*** Opening of Study material ***

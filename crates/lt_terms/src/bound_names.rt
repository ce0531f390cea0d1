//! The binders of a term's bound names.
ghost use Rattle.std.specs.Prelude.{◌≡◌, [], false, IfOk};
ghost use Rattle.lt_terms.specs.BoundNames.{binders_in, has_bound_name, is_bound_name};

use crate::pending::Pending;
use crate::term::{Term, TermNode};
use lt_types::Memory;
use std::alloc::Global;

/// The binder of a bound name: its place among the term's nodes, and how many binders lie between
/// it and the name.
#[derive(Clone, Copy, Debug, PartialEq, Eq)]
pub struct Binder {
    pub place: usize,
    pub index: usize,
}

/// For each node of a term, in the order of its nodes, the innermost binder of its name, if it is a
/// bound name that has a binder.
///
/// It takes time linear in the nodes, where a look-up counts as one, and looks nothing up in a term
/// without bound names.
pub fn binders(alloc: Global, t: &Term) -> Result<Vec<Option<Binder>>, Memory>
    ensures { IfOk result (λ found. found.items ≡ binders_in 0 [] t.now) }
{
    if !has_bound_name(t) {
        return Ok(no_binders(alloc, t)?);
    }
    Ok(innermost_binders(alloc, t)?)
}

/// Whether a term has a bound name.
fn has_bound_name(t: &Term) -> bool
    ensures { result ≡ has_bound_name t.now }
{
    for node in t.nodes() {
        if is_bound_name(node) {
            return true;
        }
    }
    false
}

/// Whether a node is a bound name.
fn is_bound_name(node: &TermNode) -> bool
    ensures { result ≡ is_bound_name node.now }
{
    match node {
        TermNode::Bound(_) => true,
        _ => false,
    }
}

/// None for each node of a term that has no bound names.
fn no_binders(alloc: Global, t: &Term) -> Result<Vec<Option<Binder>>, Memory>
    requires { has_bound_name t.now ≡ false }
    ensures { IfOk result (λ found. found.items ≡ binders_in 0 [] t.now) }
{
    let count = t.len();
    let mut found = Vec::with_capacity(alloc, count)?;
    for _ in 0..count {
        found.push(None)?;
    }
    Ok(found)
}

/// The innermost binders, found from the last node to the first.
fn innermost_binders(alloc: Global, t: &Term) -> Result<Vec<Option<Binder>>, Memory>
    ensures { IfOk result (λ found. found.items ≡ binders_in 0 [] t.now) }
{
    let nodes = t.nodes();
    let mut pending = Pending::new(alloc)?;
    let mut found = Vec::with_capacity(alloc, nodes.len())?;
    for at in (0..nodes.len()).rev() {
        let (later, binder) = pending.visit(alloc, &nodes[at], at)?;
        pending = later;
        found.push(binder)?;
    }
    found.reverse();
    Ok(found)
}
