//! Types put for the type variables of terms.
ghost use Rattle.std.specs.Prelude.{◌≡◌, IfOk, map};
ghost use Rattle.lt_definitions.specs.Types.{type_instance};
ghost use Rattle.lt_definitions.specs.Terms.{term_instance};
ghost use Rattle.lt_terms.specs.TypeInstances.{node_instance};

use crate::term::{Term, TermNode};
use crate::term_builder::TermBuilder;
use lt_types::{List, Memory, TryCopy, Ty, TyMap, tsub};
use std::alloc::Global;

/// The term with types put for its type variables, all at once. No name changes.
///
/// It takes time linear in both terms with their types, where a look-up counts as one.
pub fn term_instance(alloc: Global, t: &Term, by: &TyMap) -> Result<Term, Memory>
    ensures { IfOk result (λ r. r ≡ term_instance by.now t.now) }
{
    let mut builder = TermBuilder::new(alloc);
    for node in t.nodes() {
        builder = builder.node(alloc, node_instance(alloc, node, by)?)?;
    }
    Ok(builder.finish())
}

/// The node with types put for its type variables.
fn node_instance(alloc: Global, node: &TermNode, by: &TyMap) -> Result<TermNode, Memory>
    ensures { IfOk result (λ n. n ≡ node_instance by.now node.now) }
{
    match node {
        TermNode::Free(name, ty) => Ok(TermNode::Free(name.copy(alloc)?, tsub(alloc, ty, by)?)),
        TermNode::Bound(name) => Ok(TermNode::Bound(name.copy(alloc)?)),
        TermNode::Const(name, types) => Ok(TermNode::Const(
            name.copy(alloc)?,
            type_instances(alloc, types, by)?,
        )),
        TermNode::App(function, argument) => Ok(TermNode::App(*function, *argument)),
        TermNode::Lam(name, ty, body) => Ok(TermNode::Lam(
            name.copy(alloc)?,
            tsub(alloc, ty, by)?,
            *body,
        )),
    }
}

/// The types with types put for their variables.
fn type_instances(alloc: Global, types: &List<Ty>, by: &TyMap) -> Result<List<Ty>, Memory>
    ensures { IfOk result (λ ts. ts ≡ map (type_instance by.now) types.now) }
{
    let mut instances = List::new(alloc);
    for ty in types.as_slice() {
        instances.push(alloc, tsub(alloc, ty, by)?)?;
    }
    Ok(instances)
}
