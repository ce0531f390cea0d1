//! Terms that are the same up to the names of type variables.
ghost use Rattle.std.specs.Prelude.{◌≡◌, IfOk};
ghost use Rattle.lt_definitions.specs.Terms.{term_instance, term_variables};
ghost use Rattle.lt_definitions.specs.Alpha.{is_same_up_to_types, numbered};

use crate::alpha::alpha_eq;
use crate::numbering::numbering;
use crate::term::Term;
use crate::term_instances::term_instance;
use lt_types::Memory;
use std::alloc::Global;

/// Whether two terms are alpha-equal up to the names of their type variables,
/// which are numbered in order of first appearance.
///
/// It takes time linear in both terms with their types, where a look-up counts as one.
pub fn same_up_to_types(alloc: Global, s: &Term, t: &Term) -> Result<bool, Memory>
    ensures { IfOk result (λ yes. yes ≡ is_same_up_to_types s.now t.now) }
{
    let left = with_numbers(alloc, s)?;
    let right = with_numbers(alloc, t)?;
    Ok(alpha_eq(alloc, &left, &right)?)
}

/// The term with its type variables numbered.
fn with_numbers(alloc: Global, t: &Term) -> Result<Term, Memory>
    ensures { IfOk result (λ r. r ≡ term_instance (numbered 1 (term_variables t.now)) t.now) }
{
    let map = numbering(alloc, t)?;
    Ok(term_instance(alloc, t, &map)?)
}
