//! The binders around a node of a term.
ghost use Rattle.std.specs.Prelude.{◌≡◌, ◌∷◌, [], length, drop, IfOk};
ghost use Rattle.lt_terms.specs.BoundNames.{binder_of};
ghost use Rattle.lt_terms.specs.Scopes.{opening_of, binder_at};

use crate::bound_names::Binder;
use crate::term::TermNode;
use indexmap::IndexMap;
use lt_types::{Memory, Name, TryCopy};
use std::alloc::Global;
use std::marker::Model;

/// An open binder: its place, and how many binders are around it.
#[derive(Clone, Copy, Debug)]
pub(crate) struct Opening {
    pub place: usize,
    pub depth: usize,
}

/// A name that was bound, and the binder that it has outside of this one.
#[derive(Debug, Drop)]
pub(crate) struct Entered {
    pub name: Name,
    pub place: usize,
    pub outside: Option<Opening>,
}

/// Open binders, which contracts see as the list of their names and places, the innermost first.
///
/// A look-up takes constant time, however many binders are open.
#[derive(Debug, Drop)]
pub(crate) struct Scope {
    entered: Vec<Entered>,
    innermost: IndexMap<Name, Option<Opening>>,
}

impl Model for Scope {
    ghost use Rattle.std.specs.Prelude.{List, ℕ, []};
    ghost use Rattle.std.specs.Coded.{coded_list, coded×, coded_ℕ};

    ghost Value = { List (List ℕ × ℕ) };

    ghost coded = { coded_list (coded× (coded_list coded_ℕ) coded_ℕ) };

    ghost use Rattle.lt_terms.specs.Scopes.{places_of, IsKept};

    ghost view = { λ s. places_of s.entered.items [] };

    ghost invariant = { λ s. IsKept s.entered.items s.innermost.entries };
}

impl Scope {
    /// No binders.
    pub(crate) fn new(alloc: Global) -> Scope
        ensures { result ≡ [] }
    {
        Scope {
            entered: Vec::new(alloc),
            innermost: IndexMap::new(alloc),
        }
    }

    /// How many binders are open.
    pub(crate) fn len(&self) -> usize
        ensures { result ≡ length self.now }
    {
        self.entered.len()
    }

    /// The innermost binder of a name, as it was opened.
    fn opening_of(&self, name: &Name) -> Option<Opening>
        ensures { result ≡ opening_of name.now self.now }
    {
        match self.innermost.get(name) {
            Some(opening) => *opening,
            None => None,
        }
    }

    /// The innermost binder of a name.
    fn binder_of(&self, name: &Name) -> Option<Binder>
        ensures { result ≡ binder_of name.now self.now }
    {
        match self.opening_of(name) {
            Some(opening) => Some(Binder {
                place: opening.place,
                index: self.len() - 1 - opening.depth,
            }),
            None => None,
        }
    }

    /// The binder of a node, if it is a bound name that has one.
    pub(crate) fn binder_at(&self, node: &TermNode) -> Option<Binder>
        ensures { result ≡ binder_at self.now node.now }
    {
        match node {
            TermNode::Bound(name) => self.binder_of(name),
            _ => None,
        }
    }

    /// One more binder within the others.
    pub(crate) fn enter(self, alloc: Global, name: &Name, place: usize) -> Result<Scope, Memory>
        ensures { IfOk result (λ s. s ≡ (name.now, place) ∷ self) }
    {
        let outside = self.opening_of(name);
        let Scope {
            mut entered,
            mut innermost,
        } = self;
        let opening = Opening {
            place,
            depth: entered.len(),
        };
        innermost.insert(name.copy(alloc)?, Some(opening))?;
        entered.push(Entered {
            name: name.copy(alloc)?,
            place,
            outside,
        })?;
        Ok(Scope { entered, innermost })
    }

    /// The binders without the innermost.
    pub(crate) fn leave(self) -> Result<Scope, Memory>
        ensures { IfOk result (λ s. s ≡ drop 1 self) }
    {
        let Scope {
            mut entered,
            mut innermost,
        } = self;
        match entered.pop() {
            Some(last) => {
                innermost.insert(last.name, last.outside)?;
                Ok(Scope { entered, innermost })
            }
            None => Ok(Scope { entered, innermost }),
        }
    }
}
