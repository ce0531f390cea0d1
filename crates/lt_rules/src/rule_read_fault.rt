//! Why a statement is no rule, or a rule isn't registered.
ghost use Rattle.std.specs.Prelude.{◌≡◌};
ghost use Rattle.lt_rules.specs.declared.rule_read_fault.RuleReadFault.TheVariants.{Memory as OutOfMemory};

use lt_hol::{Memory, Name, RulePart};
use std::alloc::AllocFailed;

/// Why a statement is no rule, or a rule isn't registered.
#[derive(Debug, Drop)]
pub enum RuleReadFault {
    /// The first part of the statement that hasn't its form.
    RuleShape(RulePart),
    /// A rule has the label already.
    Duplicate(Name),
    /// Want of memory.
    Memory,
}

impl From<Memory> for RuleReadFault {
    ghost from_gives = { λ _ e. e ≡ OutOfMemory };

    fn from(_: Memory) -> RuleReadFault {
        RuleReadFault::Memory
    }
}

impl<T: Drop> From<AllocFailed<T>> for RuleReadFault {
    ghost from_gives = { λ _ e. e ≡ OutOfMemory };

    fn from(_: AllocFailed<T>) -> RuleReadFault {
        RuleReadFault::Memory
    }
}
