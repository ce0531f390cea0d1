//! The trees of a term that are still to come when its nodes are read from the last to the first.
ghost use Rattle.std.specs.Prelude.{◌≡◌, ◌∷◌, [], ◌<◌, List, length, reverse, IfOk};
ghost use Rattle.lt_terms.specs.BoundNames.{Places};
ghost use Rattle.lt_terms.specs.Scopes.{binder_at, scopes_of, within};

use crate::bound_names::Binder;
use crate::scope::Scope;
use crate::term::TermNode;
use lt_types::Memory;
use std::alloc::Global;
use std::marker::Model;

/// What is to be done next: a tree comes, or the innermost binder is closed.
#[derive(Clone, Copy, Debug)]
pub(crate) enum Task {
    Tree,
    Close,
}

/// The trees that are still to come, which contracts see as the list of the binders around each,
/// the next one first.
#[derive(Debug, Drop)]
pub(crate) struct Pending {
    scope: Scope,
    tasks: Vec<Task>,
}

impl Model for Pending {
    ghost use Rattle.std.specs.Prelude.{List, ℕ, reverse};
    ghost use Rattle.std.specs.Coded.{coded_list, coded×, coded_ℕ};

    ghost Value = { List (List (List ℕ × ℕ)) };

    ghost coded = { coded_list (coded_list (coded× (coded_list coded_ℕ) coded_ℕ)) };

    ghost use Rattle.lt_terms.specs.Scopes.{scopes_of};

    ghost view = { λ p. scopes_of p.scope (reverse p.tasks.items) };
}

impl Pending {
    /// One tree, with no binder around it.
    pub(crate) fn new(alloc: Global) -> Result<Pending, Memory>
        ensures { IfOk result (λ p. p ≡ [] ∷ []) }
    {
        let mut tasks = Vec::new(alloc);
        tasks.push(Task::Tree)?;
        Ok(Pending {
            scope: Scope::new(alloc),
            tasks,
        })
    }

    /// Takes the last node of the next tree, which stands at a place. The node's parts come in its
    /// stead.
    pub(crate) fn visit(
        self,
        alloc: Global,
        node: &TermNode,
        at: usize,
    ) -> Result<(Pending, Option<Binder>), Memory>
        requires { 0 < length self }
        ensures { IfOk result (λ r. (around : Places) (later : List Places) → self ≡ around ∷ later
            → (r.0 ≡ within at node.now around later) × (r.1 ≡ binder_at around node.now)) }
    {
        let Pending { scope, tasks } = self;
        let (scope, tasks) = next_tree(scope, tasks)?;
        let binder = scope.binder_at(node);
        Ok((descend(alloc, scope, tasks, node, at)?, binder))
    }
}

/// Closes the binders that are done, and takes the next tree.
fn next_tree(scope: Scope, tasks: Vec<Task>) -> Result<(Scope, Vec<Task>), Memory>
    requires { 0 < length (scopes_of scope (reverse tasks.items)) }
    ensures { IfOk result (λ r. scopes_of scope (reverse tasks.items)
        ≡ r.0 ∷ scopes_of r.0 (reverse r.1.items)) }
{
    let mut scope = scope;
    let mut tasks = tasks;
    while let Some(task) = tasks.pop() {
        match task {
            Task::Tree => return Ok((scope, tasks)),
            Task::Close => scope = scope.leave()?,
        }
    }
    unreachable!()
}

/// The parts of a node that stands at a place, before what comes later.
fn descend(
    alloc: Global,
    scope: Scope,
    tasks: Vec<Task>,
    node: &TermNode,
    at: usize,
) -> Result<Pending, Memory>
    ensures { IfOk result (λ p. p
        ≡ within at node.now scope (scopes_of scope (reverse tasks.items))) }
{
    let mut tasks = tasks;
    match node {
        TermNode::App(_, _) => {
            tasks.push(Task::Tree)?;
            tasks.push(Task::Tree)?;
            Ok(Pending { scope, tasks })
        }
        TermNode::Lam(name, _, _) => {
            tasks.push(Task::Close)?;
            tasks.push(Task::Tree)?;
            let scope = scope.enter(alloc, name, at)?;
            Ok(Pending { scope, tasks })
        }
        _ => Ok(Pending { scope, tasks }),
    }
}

*** Close of Study material ***

### Exercise brief
Write only the number of lines in the entries that contain the word "TermBuilder".

### Answer box
2